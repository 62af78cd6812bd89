//! The words of the command line, and what a terminal adds to them.

use std::alloc::{AllocError, Global};
use std::io::{IsTerminal, Stderr};

/// The flag that asks for the explanation of a stop.
const EXPLAIN: &str = "--explain";

/// The place of the subcommand among the words, from 0.
const SUBCOMMAND: usize = 1;

/// Whether a subcommand of this name has the flag.
fn is_explained(name: &str) -> bool {
    name == "validate" || name == "convert" || name == "plain" || name == "inspect"
}

/// Whether the words ask for a subcommand that has the flag, and not for the explanation of its stop.
fn may_be_explained(words: &[String]) -> bool {
    let has_flag = match words.get(SUBCOMMAND) {
        Some(word) => is_explained(word.as_str()),
        None => false,
    };
    has_flag && !words.iter().any(|word| word.as_str() == EXPLAIN)
}

/// Returns the words. At a terminal a stop is also explained, so the flag for that follows the subcommand.
///
/// Fails with `AllocError` if memory runs out.
pub(crate) fn words_of(
    alloc: Global,
    words: Vec<String>,
    err: &Stderr,
) -> Result<Vec<String>, AllocError> {
    if !err.is_terminal() || !may_be_explained(words.as_slice()) {
        return Ok(words);
    }
    let mut all = Vec::new(alloc);
    for (place, word) in words.into_iter().enumerate() {
        all.push(word)?;
        if place == SUBCOMMAND {
            all.push(String::from_str(alloc, EXPLAIN)?)?;
        }
    }
    Ok(all)
}
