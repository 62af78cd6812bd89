//! The files of resources that words name.
ghost use Rattle.std.specs.Prelude.{◌≡◌, ◌++◌, IfOk, OnOk, map};
ghost use Rattle.csvw_command_runs.specs.Resources.{AreResources, named, pair_of};

use csvw_command_core::split_resource;
use csvw_files::ResourceFile;
use std::alloc::{AllocError, Global};

/// Adds the file of the resource that a word names, if it names one.
fn push_resource<'a>(files: &mut Vec<ResourceFile<'a>>, word: &'a str) -> Result<(), AllocError>
    ensures { OnOk result (map pair_of files.new.items ≡ map pair_of files.old.items ++ named word.now) }
{
    if let Some((url, path)) = split_resource(word) {
        files.push(ResourceFile { url, path })?;
    }
    Ok(())
}

/// Returns the files of the resources that words `URL=FILE` name, in order. Other words name none.
pub fn resource_files<'a>(
    alloc: Global,
    words: &[&'a str],
) -> Result<Vec<ResourceFile<'a>>, AllocError>
    ensures { IfOk result (λ files. AreResources (map (λ word. word.now) words.now) files.items) }
{
    let mut files = Vec::new(alloc);
    for word in words {
        push_resource(&mut files, word)?;
    }
    Ok(files)
}
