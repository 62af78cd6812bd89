//! Digits at the start of a text.
ghost use Rattle.std.specs.Prelude.{◌≡◌, ◌≤◌, ◌<◌, ◌^◌, IfSome, length};
ghost use Rattle.std.specs.Str.{IsAscii};
ghost use Rattle.std.specs.Str.Parse.{AllDigits, digits_value};
ghost use Rattle.csvw_duration.specs.Digits.{IsFraction, option_view, first_digits, is_short, digits_at, number_at, after_byte, at_end, fraction_at, trimmed};

/// Returns how many digits a text begins with.
fn digit_count(bytes: &[u8]) -> usize
    ensures { result ≡ length (first_digits bytes.now) }
{
    bytes.iter().take_while(|b| b.is_ascii_digit()).count()
}

/// Returns whether digits are 1 to 9.
fn is_short(count: usize) -> bool
    ensures { result ≡ is_short count }
{
    0 < count && count < 10
}

/// Splits a text after the digits that it begins with. Returns `None` if they aren't 1 to 9.
fn digits_at(bytes: &[u8]) -> Option<(&[u8], &[u8])>
    ensures split { option_view (λ x. (x.0.now, x.1.now)) result ≡ digits_at bytes.now }
    ensures digits { IfSome result (λ x. AllDigits 10 x.0.now) }
    ensures short { IfSome result (λ x. length x.0.now ≤ 9) }
{
    let count = digit_count(bytes);
    if is_short(count) {
        Some(bytes.split_at(count))
    } else {
        None
    }
}

/// Returns the number of at most 9 digits.
pub(crate) fn number(digits: &[u8]) -> u64
    requires digits { AllDigits 10 digits.now }
    requires short { length digits.now ≤ 9 }
    ensures value { result ≡ digits_value 10 digits.now }
    ensures small { result < 10 ^ 9 }
{
    let mut value = 0;
    for digit in digits {
        value = value * 10 + (*digit - b'0') as u64;
    }
    value
}

/// Reads the number at the start of a text. Returns `None` if its digits aren't 1 to 9.
pub(crate) fn number_at(bytes: &[u8]) -> Option<(u64, &[u8])>
    ensures value { option_view (λ x. (x.0, x.1.now)) result ≡ number_at bytes.now }
    ensures small { IfSome result (λ x. x.0 < 10 ^ 9) }
{
    let (digits, rest) = digits_at(bytes)?;
    Some((number(digits), rest))
}

/// Returns the text after a byte, or `None` if it doesn't begin with it.
pub(crate) fn after_byte(by: u8, bytes: &[u8]) -> Option<&[u8]>
    ensures { option_view (λ rest. rest.now) result ≡ after_byte by bytes.now }
{
    match bytes {
        [first, rest @ ..] if *first == by => Some(rest),
        _ => None,
    }
}

/// Returns `None` if a text isn't at its end.
pub(crate) fn ended(bytes: &[u8]) -> Option<()>
    ensures { result ≡ at_end bytes.now }
{
    if bytes.is_empty() { Some(()) } else { None }
}

/// Returns the digits after a point, and the text after them. Without a point there is no digit.
pub(crate) fn fraction_at(bytes: &[u8]) -> Option<(&[u8], &[u8])>
    ensures split { option_view (λ x. (x.0.now, x.1.now)) result ≡ fraction_at bytes.now }
    ensures ascii { IfSome result (λ x. IsAscii x.0.now) }
    ensures fraction { IfSome result (λ x. IsFraction x.0.now) }
{
    match bytes {
        [b'.', rest @ ..] => digits_at(rest),
        _ => Some((&[], bytes)),
    }
}

/// Returns digits without the zeros at their end.
pub(crate) fn trimmed(digits: &[u8]) -> &[u8]
    ensures digits { result.now ≡ trimmed digits.now }
    ensures ascii { IsAscii digits.now → IsAscii result.now }
    ensures fraction { IsFraction digits.now → IsFraction result.now }
{
    let mut kept = digits;
    loop {
        match kept.split_last() {
            Some((last, rest)) if *last == b'0' => kept = rest,
            _ => return kept,
        }
    }
}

* [Your assignment]
Count up the lines in the listing that hold the word "String", and give that number only.

* [Exercise output]
4